National Groups Urge the Obama Administration to Reject Utah Request to Cut Health Coverage for Children While Dramatically Increasing Costs to Families

Today, a group of 18 national children’s advocacy, provider, and health advocacy groups joined together to voice their deep concern to the Obama administration about Utah’s recent request to cut children’s health care and to dramatically increase the cost of care for their families. The group urged Health and Human Services Secretary Kathleen Sebelius to reject the request unless children are appropriately protected.
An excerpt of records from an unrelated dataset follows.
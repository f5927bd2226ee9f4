//! The items of a sandbox of code in bundles, laid one after another. `words/laid_items` does the
//! same for code in words.
ghost use Rattle.std.specs.Prelude.{◌≡◌, ◌<◌, ◌≤◌, ◌+◌, ◌*◌, ℕ, false, IfOk, IfErr, length};
ghost use Rattle.sfi_formats.specs.Formats.{built_code_most};
ghost use Rattle.sfi_source.specs.Source.{IsBody};
ghost use Rattle.sfi_rewrite.specs.Expansion.{size_of};
ghost use Rattle.sfi_rewrite.specs.private.{HasNext, IsTooLarge, HaveBodies, AreLabels};
ghost use Rattle.sfi_rewrite.specs.Rewriting.{IsPermitted, AreFaultless, UnlessMemory, IsItemFault};

use crate::expansion::expand;
use crate::fault::RewriteFault;
use crate::filling::Filling;
use crate::item::{is_call, permit};
use crate::place::{next_bundle, nops_before};
use crate::slot::size_of;
use sfi_formats::Format;
use sfi_source::Item;
use std::alloc::Global;

/// The code of a sandbox, and the places that its labels name; of code in words, too.
#[derive(Drop)]
pub(crate) struct Laid {
    pub(crate) code: Filling,
    /// For each item, and last for the end of the code, the place that a label before it names.
    pub(crate) labels: Vec<u32>,
}

/// Adds the expansion of an item, after the c.nops that it needs, to the code. `TooLarge` names
/// sandbox `sandbox`, counted from 0. An expansion crosses no bundle's end, and the format's limit
/// is one, so it fits where it begins below the limit.
fn lay_item(
    format: Format,
    sandbox: u32,
    item: &Item,
    code: &mut Filling,
) -> Result<(), RewriteFault>
    requires permitted { IsPermitted format item.now }
    requires body { (count : ℕ) × IsBody count item.now.body }
    requires room { size_of code.old ≤ built_code_most format }
    ensures laid { IfOk result (λ _. HasNext format code.old item.now code.new) }
    ensures refused { IfErr result
        (UnlessMemory (IsTooLarge format sandbox (size_of code.old) item.now)) }
{
    let expansion = expand(format, item);
    let slots = expansion.slots();
    let size = size_of(slots);
    let end = code.end();
    let nops = nops_before(end, item.labelled, is_call(&item.body), size);
    if end + 2 * nops >= format.built_code_most() as usize {
        return Err(RewriteFault::TooLarge { sandbox });
    }
    code.push_nops(nops)?;
    code.push(slots, size)?;
    Ok(())
}

/// Lays the items of sandbox `sandbox`, counted from 0, in bundles; or the first fault of the first
/// item that has one.
pub(crate) fn lay_items(
    alloc: Global,
    format: Format,
    sandbox: u32,
    items: &[Item],
) -> Result<Laid, RewriteFault>
    requires { HaveBodies items.now }
    ensures faultless { IfOk result (λ l. AreFaultless false format (length items.now) items.now l.code) }
    ensures labels { IfOk result (λ l. AreLabels false format items.now l.labels.items) }
    ensures refused { IfErr result (UnlessMemory (IsItemFault false format sandbox items.now)) }
{
    let mut code = Filling::new(alloc);
    let mut labels = Vec::new(alloc);
    for item in items {
        labels.push(next_bundle(code.end()))?;
        permit(format, item)?;
        lay_item(format, sandbox, item, &mut code)?;
    }
    labels.push(next_bundle(code.end()))?;
    Ok(Laid { code, labels })
}
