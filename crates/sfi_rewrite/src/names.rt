//! What the names of a sandbox name, once its items are placed.
ghost use Rattle.std.specs.Prelude.{◌≡◌, ◌<◌, ◌↔◌, IfOk, IsTrue, length};
ghost use Rattle.std.specs.List.{AllZip};
ghost use Rattle.sfi_source.specs.Source.{named, IsSandbox};
ghost use Rattle.sfi_rewrite.specs.Placement.{IsPlacedName, HasEndLabel};
ghost use Rattle.sfi_formats.specs.Formats.{has_words};
ghost use Rattle.sfi_rewrite.specs.private.{AreLabels, HasLabel, placed_of};

use crate::placed::PlacedName;
use sfi_source::{Named, SourcePart};
use std::alloc::{AllocError, Global};

/// What a name of the source names in the placed code. `labels` has the place of a label before
/// each item, by the item's number, and last that of a label at the end of the code.
fn placed_name(named: Named, labels: &[u32]) -> PlacedName
    requires { HasLabel (length labels.now) named }
    ensures { result ≡ placed_of labels.now named }
{
    match named {
        Named::Gate(gate) => PlacedName::Gate(gate),
        Named::Code(item) => PlacedName::Code(labels[item]),
        Named::Data(offset) => PlacedName::Data(offset),
        Named::Unknown => PlacedName::Unknown,
    }
}

/// What each name of the sandbox names in the placed code, in the order of the source's names.
/// `labels` has a place for each item, and last that of the end of the code, as `Laid` has them.
pub(crate) fn place_names(
    alloc: Global,
    part: &SourcePart,
    labels: &[u32],
) -> Result<Vec<PlacedName>, AllocError>
    requires sandbox { IsSandbox part.now }
    requires labels { AreLabels (has_words part.now.format) part.now.format part.now.items labels.now }
    ensures { IfOk result
        (λ v. AllZip (IsPlacedName part.now.format part.now.items) (named part.now) v.items) }
{
    let mut names = Vec::new(alloc);
    let known = part.names();
    for place in 0..known.len() {
        match known.named(place) {
            Some(named) => names.push(placed_name(named, labels))?,
            None => unreachable!(),
        }
    }
    Ok(names)
}

/// Whether a label stands at the end of the code, after the last item. In code in bundles c.nops
/// then go up to the bundle start that it names.
pub(crate) fn has_end_label(part: &SourcePart) -> bool
    ensures { IsTrue result ↔ HasEndLabel part.now }
{
    let end = part.items().len();
    let names = part.names();
    for place in 0..names.len() {
        if let Some(Named::Code(item)) = names.named(place) {
            if item == end {
                return true;
            }
        }
    }
    false
}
“There is deep concern that if this is approved it opens the door to very harmful effects on children in Utah,” said Joan Alker, Co-Executive Director of the Georgetown University Health Policy Institute Center for Children and Families. “But the reason national groups are speaking out is because if a waiver is approved it would set the precedent for other states to follow Utah’s lead and put children’s coverage at risk.”

In a letter delivered today to Secretary Sebelius, the group wrote, “Utah’s demonstration proposal seeks to waive the requirement that the state provide Early and Periodic Screening, Diagnosis, and Treatment (EPSDT) — the Medicaid benefit for children. EPSDT embodies Medicaid’s objective of providing children with the services that are medically necessary for their healthy growth and development. Utah also proposes to waive Medicaid’s cost-sharing protections, potentially exposing very low- income families to unaffordable medical costs in some new and troubling ways. The proposal would give accountable care organizations the authority to set co-payment amounts up to a maximum specified in the proposal and to pick and choose what co-pays to charge to children to act as “client incentives.” We do not believe it is appropriate for insurers to decide whether children have to pay more to access needed health services as a result of their (or more likely their parents’) behavior.”

The letter went on to state, “Research has shown that cost-sharing places a heavier burden on those with low income: they often delay or reduce their use of needed care, leading to poor health outcomes. Medicaid’s cost- sharing protections assure that a family’s lack of resources does not impose a barrier on access to care for the lowest-income children. CMS should not allow Utah’s demonstration to introduce such barriers for these children, barriers that do not exist anywhere else in the country.”